Through the lens of Abe Shinzo’s September 26, 2006, election as Japan’s new prime minister, this report examines the fundamental changes that are redefining Japan’s foreign policy strategy.

Main Argument

Japan is on the verge of a sea change in its foreign policy strategy. The September 26 election dramatically symbolizes three forces impelling Japan on a new course.

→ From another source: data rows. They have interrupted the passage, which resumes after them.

// The dump of a medium's bytes, read back and written piece by piece.
ghost use Rattle.std.specs.Prelude.{◌≡◌, ◌≤◌, ◌<◌, ◌+◌, ◌^◌, length, take, drop, IfSome, OnOk, IsErrOf};
ghost use Rattle.tileset.specs.Common.{Gains, GainsFront, KeepsMedium, KeepsSink, Rose};
ghost use Rattle.tileset.specs.Dump.{DumpCauses, HasLength};
ghost use Rattle.tileset.specs.HexDump.{hex_dump};
ghost use Rattle.tileset.specs.Printed.{Grows};
ghost use Rattle.tileset.specs.Run.{outcome_of};
ghost use Rattle.tileset.specs.Stands.{MediumStands, OutputStands};

use crate::hex_dump::push_hex_dump;
use crate::{Outcome, Sink, write_all};
use pm_format::Medium;
use std::alloc::Global;

// A whole number of lines.
const PIECE: u64 = 16_384;

// Writes the lines of a range of the medium, through a text that serves each range.
fn write_piece<O: Sink, M: Medium>(
    alloc: Global,
    at: u64,
    size: u64,
    text: &mut Vec<u8>,
    output: &mut O,
    medium: &mut M,
) -> Result<(), Outcome>
    requires small { at + size < 2 ^ 64 }
    requires within { IfSome (M.told medium.old) (λ b. at + size ≤ length b) }
    ensures all { OnOk result (IfSome (M.told medium.old) (λ b. Gains (O.held output.old)
        (O.held output.new) (hex_dump at (take size (drop at b))))) }
    ensures front { IfSome (M.told medium.old) (λ b. GainsFront (O.held output.old)
        (O.held output.new) (hex_dump at (take size (drop at b)))) }
    ensures grows { Grows (O.held output.old) (O.held output.new) }
    ensures told { M.told medium.new ≡ M.told medium.old }
    ensures causes { DumpCauses (M.told medium.old) result }
    ensures output_fault { IsErrOf result Outcome.OutputFault
        → Rose (O.faults output.old) (O.faults output.new) }
    ensures medium_fault { IsErrOf result Outcome.MediumFault
        → Rose (M.faults medium.old) (M.faults medium.new) }
    ensures output_kept { KeepsSink O.held O.faults O.steady output.old output.new }
    ensures medium_kept { KeepsMedium M.told M.versions M.reads M.faults M.steady
        medium.old medium.new }
    ensures output_still { OutputStands (O.faults output.old) (O.faults output.new)
        (outcome_of result) }
    ensures medium_still { MediumStands (M.faults medium.old) (M.faults medium.new)
        (outcome_of result) }
{
    let response = medium.read_exact(alloc, at, size)?;
    text.clear();
    push_hex_dump(text, at, response.bytes.as_slice())?;
    write_all(output, text.as_slice())?;
    Ok(())
}

/// Writes the lines of all bytes of a medium, whose length this is.
pub(crate) fn write_dump<O: Sink, M: Medium>(
    alloc: Global,
    length: u64,
    output: &mut O,
    medium: &mut M,
) -> Result<(), Outcome>
    requires whole { IfSome (M.told medium.old) (HasLength length) }
    ensures all { OnOk result (IfSome (M.told medium.old) (λ b. Gains (O.held output.old)
        (O.held output.new) (hex_dump 0 b))) }
    ensures front { IfSome (M.told medium.old) (λ b. GainsFront (O.held output.old)
        (O.held output.new) (hex_dump 0 b)) }
    ensures grows { Grows (O.held output.old) (O.held output.new) }
    ensures told { M.told medium.new ≡ M.told medium.old }
    ensures causes { DumpCauses (M.told medium.old) result }
    ensures output_fault { IsErrOf result Outcome.OutputFault
        → Rose (O.faults output.old) (O.faults output.new) }
    ensures medium_fault { IsErrOf result Outcome.MediumFault
        → Rose (M.faults medium.old) (M.faults medium.new) }
    ensures output_kept { KeepsSink O.held O.faults O.steady output.old output.new }
    ensures medium_kept { KeepsMedium M.told M.versions M.reads M.faults M.steady
        medium.old medium.new }
    ensures output_still { OutputStands (O.faults output.old) (O.faults output.new)
        (outcome_of result) }
    ensures medium_still { MediumStands (M.faults medium.old) (M.faults medium.new)
        (outcome_of result) }
{
    let mut text = Vec::new(alloc);
    let mut at = 0;
    while at < length {
        let size = (length - at).min(PIECE);
        write_piece(alloc, at, size, &mut text, output, medium)?;
        at += size;
    }
    Ok(())
}
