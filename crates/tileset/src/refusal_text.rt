// The words in which the refusal of a store is shown.
ghost use Rattle.std.specs.Prelude.{◌≡◌, ◌++◌, [], ◌∷◌, codes, flat_map, IfOk, OnOk, string_bytes};
ghost use Rattle.tileset.specs.Common.{layout_words};
ghost use Rattle.tileset.specs.RefusalText.{cell_text, spaced, spelled_byte, store_fields, store_name, store_text};

use base_values::OutOfMemory;
use mb_store::{Cell, MbtError, MbtType};
use std::alloc::Global;

// Appends a byte of a text as a script spells it.
fn push_spelled(alloc: Global, text: &mut String, byte: u8) -> Result<(), OutOfMemory>
    ensures { OnOk result (string_bytes text.new ≡ string_bytes text.old ++ spelled_byte byte) }
{
    if byte.is_ascii_graphic() && byte != b'%' {
        text.push(char::from(byte))?;
        return Ok(());
    }
    text.push('%')?;
    text.push_str(hex::encode_upper(alloc, &[byte])?.as_str())?;
    Ok(())
}

// A text as a script spells it, `%` and two digits in place of each byte but 21 to 7E.
fn spelled(alloc: Global, bytes: &[u8]) -> Result<String, OutOfMemory>
    ensures { IfOk result (λ text. string_bytes text ≡ codes "t" ++ flat_map spelled_byte
        bytes.now) }
{
    let mut text = String::from_str(alloc, "t")?;
    for byte in bytes {
        push_spelled(alloc, &mut text, *byte)?;
    }
    Ok(text)
}

// A cell as a script spells it.
fn cell_text(alloc: Global, cell: &Cell) -> Result<String, OutOfMemory>
    ensures { IfOk result (λ text. string_bytes text ≡ cell_text cell.now) }
{
    match cell {
        Cell::Null => Ok(String::from_str(alloc, "n")?),
        Cell::Other => Ok(String::from_str(alloc, "o")?),
        Cell::Int(number) => Ok(format!(in alloc; "i{number}")?),
        Cell::Text(text) => spelled(alloc, text.as_str().as_bytes()),
        Cell::Blob(blob) => {
            let digits = hex::encode(alloc, blob.as_bytes())?;
            Ok(format!(in alloc; "x{digits}")?)
        }
    }
}

// A field after a space.
fn one_field(alloc: Global, field: &str) -> Result<String, OutOfMemory>
    ensures { IfOk result (λ text. string_bytes text ≡ spaced (field.now ∷ [])) }
{
    Ok(format!(in alloc; " {field}")?)
}

// Two fields, each after a space.
fn two_fields(alloc: Global, first: &str, second: &str) -> Result<String, OutOfMemory>
    ensures { IfOk result (λ text. string_bytes text ≡ spaced (first.now ∷ second.now ∷ [])) }
{
    Ok(format!(in alloc; " {first} {second}")?)
}

// The words of two layouts, each after a space.
fn two_layouts(alloc: Global, first: MbtType, second: MbtType) -> Result<String, OutOfMemory>
    ensures { IfOk result
        (λ text. string_bytes text ≡ spaced (layout_words first ∷ layout_words second ∷ [])) }
{
    Ok(format!(in alloc; " {first} {second}")?)
}

// Three cells, each after a space.
fn three_cells(alloc: Global, zoom: &Cell, column: &Cell, row: &Cell) -> Result<String, OutOfMemory>
    ensures { IfOk result (λ text. string_bytes text ≡ spaced (cell_text zoom.now ∷ cell_text
        column.now ∷ cell_text row.now ∷ [])) }
{
    let zoom = cell_text(alloc, zoom)?;
    let column = cell_text(alloc, column)?;
    let row = cell_text(alloc, row)?;
    Ok(format!(in alloc; " {zoom} {column} {row}")?)
}

// The name of a refusal.
fn name_of(error: &MbtError) -> &'static str
    ensures { result.now ≡ store_name error.now }
{
    match error {
        MbtError::InvalidDataFormat => "InvalidDataFormat",
        MbtError::NoUniquenessConstraint => "NoUniquenessConstraint",
        MbtError::StoreFault => "StoreFault",
        MbtError::AggHashValueNotFound => "AggHashValueNotFound",
        MbtError::CannotDiffFileWithoutHash => "CannotDiffFileWithoutHash",
        MbtError::DiffingDiffFile => "DiffingDiffFile",
        MbtError::PatchFileHasNoHashes => "PatchFileHasNoHashes",
        MbtError::PatchFileHasNoBeforeHash => "PatchFileHasNoBeforeHash",
        MbtError::UnsupportedPatchType => "UnsupportedPatchType",
        MbtError::UnsupportedCopyOperation => "UnsupportedCopyOperation",
        MbtError::DuplicateRow(_) => "DuplicateRow",
        MbtError::UnsupportedHashAlgorithm { .. } => "UnsupportedHashAlgorithm",
        MbtError::InvalidTileIndex { .. } => "InvalidTileIndex",
        MbtError::MissingTileReference { .. } => "MissingTileReference",
        MbtError::IncorrectTileHash { .. } => "IncorrectTileHash",
        MbtError::AggHashMismatch { .. } => "AggHashMismatch",
        MbtError::AggHashMismatchWithDiff { .. } => "AggHashMismatchWithDiff",
        MbtError::IdCollision { .. } => "IdCollision",
        MbtError::DuplicateValues => "DuplicateValues",
        MbtError::DestinationFileExists => "DestinationFileExists",
        MbtError::NonEmptyTargetFile => "NonEmptyTargetFile",
        MbtError::MismatchedTargetType { .. } => "MismatchedTargetType",
        MbtError::AggHashMismatchAfterApply { .. } => "AggHashMismatchAfterApply",
        MbtError::InvalidZoomValue(..) => "InvalidZoomValue",
        MbtError::UnsupportedFileExtension(_) => "UnsupportedFileExtension",
        MbtError::InconsistentTileFormats { .. } => "InconsistentTileFormats",
        MbtError::NoFormatInMetadata => "NoFormatInMetadata",
        MbtError::UnknownFormatInMetadata { .. } => "UnknownFormatInMetadata",
        MbtError::TreeFault => "TreeFault",
        MbtError::NotACacheFile => "NotACacheFile",
        MbtError::OutOfMemory => "OutOfMemory",
    }
}

// The fields of a refusal in their order, each after a space.
fn fields_of(alloc: Global, error: &MbtError) -> Result<String, OutOfMemory>
    ensures { IfOk result (λ text. string_bytes text ≡ spaced (store_fields error.now)) }
{
    match error {
        MbtError::DuplicateRow(table) => one_field(alloc, table.name()),
        MbtError::UnsupportedHashAlgorithm { algorithm } => one_field(alloc, algorithm.as_str()),
        MbtError::InvalidTileIndex {
            zoom_level,
            tile_column,
            tile_row,
        } => three_cells(alloc, zoom_level, tile_column, tile_row),
        MbtError::MissingTileReference { tile_id, table } => {
            two_fields(alloc, tile_id.as_str(), table.name())
        }
        MbtError::IncorrectTileHash { stored, computed } => {
            two_fields(alloc, stored.as_str(), computed.as_str())
        }
        MbtError::AggHashMismatch { computed, stored } => {
            two_fields(alloc, computed.as_str(), stored.as_str())
        }
        MbtError::AggHashMismatchWithDiff {
            before_apply_hash,
            agg_hash,
        } => two_fields(alloc, before_apply_hash.as_str(), agg_hash.as_str()),
        MbtError::IdCollision { id } => one_field(alloc, id.as_str()),
        MbtError::MismatchedTargetType { actual, desired } => {
            two_layouts(alloc, *actual, *desired)
        }
        MbtError::AggHashMismatchAfterApply {
            after_apply_hash,
            agg_hash,
        } => two_fields(alloc, after_apply_hash.as_str(), agg_hash.as_str()),
        MbtError::InvalidZoomValue(name, value) => two_fields(alloc, name, value.as_str()),
        MbtError::UnsupportedFileExtension(path) => one_field(alloc, path.as_str()),
        MbtError::InconsistentTileFormats { path } => one_field(alloc, path.as_str()),
        MbtError::UnknownFormatInMetadata { format } => one_field(alloc, format.as_str()),
        _ => Ok(String::new(alloc)),
    }
}

/// The name of a refusal, and its fields in their order, each after a space. Texts are shown as they are, and cells
/// as a script spells them.
pub(crate) fn store_text(alloc: Global, error: &MbtError) -> Result<String, OutOfMemory>
    ensures { IfOk result (λ text. string_bytes text ≡ store_text error.now) }
{
    let name = name_of(error);
    let fields = fields_of(alloc, error)?;
    Ok(format!(in alloc; "{name}{fields}")?)
}
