// The conversion of a script's stores, which are tables in memory and don't fail.
ghost use Rattle.std.specs.Prelude.{◌≡◌, All, Some, IfErr, IfOk, IsErrOf, map};
ghost use Rattle.tileset.specs.Common.{ConvertCauses, ConvertLeaves, HasAggregate, KeepsMedium, outcome, Rose};
ghost use Rattle.mb_store.specs.MemStore.{told_of};
ghost use Rattle.tile_bridge.specs.Stands.{MediumStands};
ghost use Rattle.tileset_script.specs.Section.{NeverFails};
ghost use Rattle.tileset.specs.Converting.{IsNoStoreFault, options_for};
ghost use Rattle.tileset.specs.Printed.{IsOfDue};

use mb_store::MemStore;
use pm_format::Medium;
use std::alloc::Global;
use tile_bridge::{ConvertError, ConvertOptions, ConvertReport, convert_owned};
use tile_ids::TileCoord;
use tileset_script::ScriptOptions;

// The options of a conversion that those of a script are.
fn convert_options(options: ScriptOptions) -> ConvertOptions
    ensures { result ≡ options_for options }
{
    ConvertOptions {
        force: options.force,
        verify: options.verify,
        writer: options.writer,
    }
}

/// Converts a base in memory after its patches, of which none fails: writes the archive to the medium, and answers the
/// coordinates from it. Base and patches are let go before the archive is written.
pub(crate) fn convert_stores<M: Medium>(
    alloc: Global,
    base: MemStore,
    patches: Vec<MemStore>,
    coords: &[TileCoord],
    options: ScriptOptions,
    medium: &mut M,
) -> Result<ConvertReport, ConvertError>
    requires patches { All NeverFails patches.items }
    ensures causes { ConvertCauses options.writer (Some (outcome (told_of base)
        (map told_of patches.items) options.force options.verify)) (M.told medium.old) result }
    ensures leaves { ConvertLeaves options.writer (Some (outcome (told_of base)
        (map told_of patches.items) options.force options.verify)) coords.now result
        (M.told medium.old) (M.told medium.new) }
    ensures reported { IfOk result (IsOfDue (outcome (told_of base)
        (map told_of patches.items) options.force options.verify) options.writer
        (M.told medium.old)) }
    ensures aggregate { IfOk result (HasAggregate (Some (outcome (told_of base)
        (map told_of patches.items) options.force options.verify))) }
    ensures stores { IfErr result IsNoStoreFault }
    ensures fault { IsErrOf result ConvertError.MediumFault
        → Rose (M.faults medium.old) (M.faults medium.new) }
    ensures medium_kept { KeepsMedium M.told M.versions M.reads M.faults M.steady
        medium.old medium.new }
    ensures medium_still { MediumStands (M.faults medium.old) (M.faults medium.new) result }
{
    let options = convert_options(options);
    convert_owned(alloc, base, patches, coords, &options, medium)
}
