// How a run ends.
ghost use Rattle.std.specs.Prelude.{◌≡◌};

use crate::{InputError, SinkFault};
use base_values::OutOfMemory;
use pm_format::{PmtError, ReadCause, ReadFault};
use std::alloc::AllocError;
use tile_bridge::ConvertError;
use tileset_script::ScriptError;

/// How a run ends.
#[derive(Debug, Drop)]
pub enum Outcome {
    /// The archive and the report are written, and the input was read to its end.
    Done,
    /// The conversion is refused: the medium wasn't empty, directories have a label that can't be written, or the
    /// base or a patch is refused.
    Refused(ConvertError),
    /// The words are no command.
    Usage,
    /// A line of the script is none of its forms in its place, or repeats a key: the number of the first such line.
    BadScript {
        /// The line's number, the first line being 1.
        line: u64,
    },
    /// The source failed, and its count of faults rose.
    InputFault,
    /// The sink failed, and its count of faults rose.
    OutputFault,
    /// The medium failed, and its count of faults rose.
    MediumFault,
    /// Memory ran out.
    OutOfMemory,
    /// The input has more than 268,435,456 bytes.
    InputTooLong,
    /// A medium that tells no bytes gave something else back than what was written to it: why the archive
    /// can't be opened, or not read.
    ReadBack(PmtError),
}

impl From<ConvertError> for Outcome {
    ghost use Rattle.std.specs.Prelude.{◌≡◌};
    ghost use Rattle.tileset.specs.Outcomes.{of_convert};

    ghost from_gives = { λ e o. o ≡ of_convert e };

    fn from(error: ConvertError) -> Outcome {
        match error {
            ConvertError::MediumFault => Outcome::MediumFault,
            ConvertError::ReadBack(error) => Outcome::ReadBack(error),
            ConvertError::OutOfMemory => Outcome::OutOfMemory,
            refusal => Outcome::Refused(refusal),
        }
    }
}

impl From<SinkFault> for Outcome {
    ghost use Rattle.std.specs.Prelude.{◌≡◌};
    ghost use Rattle.tileset.specs.Outcomes.{of_sink};

    ghost from_gives = { λ e o. o ≡ of_sink e };

    fn from(fault: SinkFault) -> Outcome {
        match fault {
            SinkFault::Fault => Outcome::OutputFault,
            SinkFault::OutOfMemory => Outcome::OutOfMemory,
        }
    }
}

impl From<ReadFault> for Outcome {
    ghost use Rattle.std.specs.Prelude.{◌≡◌};
    ghost use Rattle.tileset.specs.Outcomes.{of_read};

    ghost from_gives = { λ e o. o ≡ of_read e };

    fn from(fault: ReadFault) -> Outcome {
        match fault {
            ReadFault::Fault => Outcome::MediumFault,
            ReadFault::PastEnd => Outcome::ReadBack(PmtError::Reading(ReadCause::PastEnd)),
            ReadFault::Short { asked, got } => {
                Outcome::ReadBack(PmtError::UnexpectedNumberOfBytesReturned(asked, got))
            }
            ReadFault::OutOfMemory => Outcome::OutOfMemory,
        }
    }
}

impl From<InputError> for Outcome {
    ghost use Rattle.std.specs.Prelude.{◌≡◌};
    ghost use Rattle.tileset.specs.Outcomes.{of_input};

    ghost from_gives = { λ e o. o ≡ of_input e };

    fn from(error: InputError) -> Outcome {
        match error {
            InputError::Fault => Outcome::InputFault,
            InputError::TooLong => Outcome::InputTooLong,
            InputError::OutOfMemory => Outcome::OutOfMemory,
        }
    }
}

impl From<ScriptError> for Outcome {
    ghost use Rattle.std.specs.Prelude.{◌≡◌};
    ghost use Rattle.tileset.specs.Outcomes.{of_script};

    ghost from_gives = { λ e o. o ≡ of_script e };

    fn from(error: ScriptError) -> Outcome {
        match error {
            ScriptError::BadLine(line) => Outcome::BadScript { line },
            ScriptError::OutOfMemory => Outcome::OutOfMemory,
        }
    }
}

impl From<OutOfMemory> for Outcome {
    ghost use Rattle.std.specs.Prelude.{◌≡◌};
    ghost use Rattle.tileset.specs.declared.outcome.Outcome.TheVariants as outcomes;

    ghost from_gives = { λ _ o. o ≡ outcomes.OutOfMemory };

    fn from(_: OutOfMemory) -> Outcome {
        Outcome::OutOfMemory
    }
}

impl From<AllocError> for Outcome {
    ghost use Rattle.std.specs.Prelude.{◌≡◌};
    ghost use Rattle.tileset.specs.declared.outcome.Outcome.TheVariants as outcomes;

    ghost from_gives = { λ _ o. o ≡ outcomes.OutOfMemory };

    fn from(_: AllocError) -> Outcome {
        Outcome::OutOfMemory
    }
}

  • Japan’s external environment is changing. The end of the cold war undermined Japan’s grand strategy of concentrating exclusively on building economic power while maintaining a minimal defense. The belligerence of North Korea, the rise of China, and increased American expectations of alliance reciprocity have given Japanese a new sense of vulnerability.
  • Japan’s ruling conservative elite has historically demonstrated a pattern of adapting both its foreign policy and its domestic institutions to fit fundamental changes in the international system. Accordingly it is now loosening the self-binding restrictions on Japan’s participation in military security affairs and it is making far-reaching changes in its domestic institutions in order to support a new activist foreign policy.
  • A new generation of political leadership which favors a higher international political profile for Japan and believes that Japan must assert its own identity in the global community is now rising to the forefront of Japanese politics.


Policy Implications

  • For most of the cold war, Japan showed little interest in military cooperation with the United States. However, beginning in the late 1990s, hitherto resisted military cooperation with U.S. forces was steadily increased in piecemeal ways, leading to increased reciprocity in the alliance.
  • While Japan is becoming an engaged ally, the bilateral relationship will not become like that of the U.S. with the U.K. Japan is motivated by imperatives, values, traditions, and practices that differ from those of the U.K. Japan’s readiness to tighten cooperation with the U.S. is not the result of shared values, so much as it is the realist appraisal of the value of the alliance.
  • Japan has a great interest in promoting multilateral institutions in Asia where it can establish its leadership, compete with China for influence, and press for solution to a wide range of purely regional problems.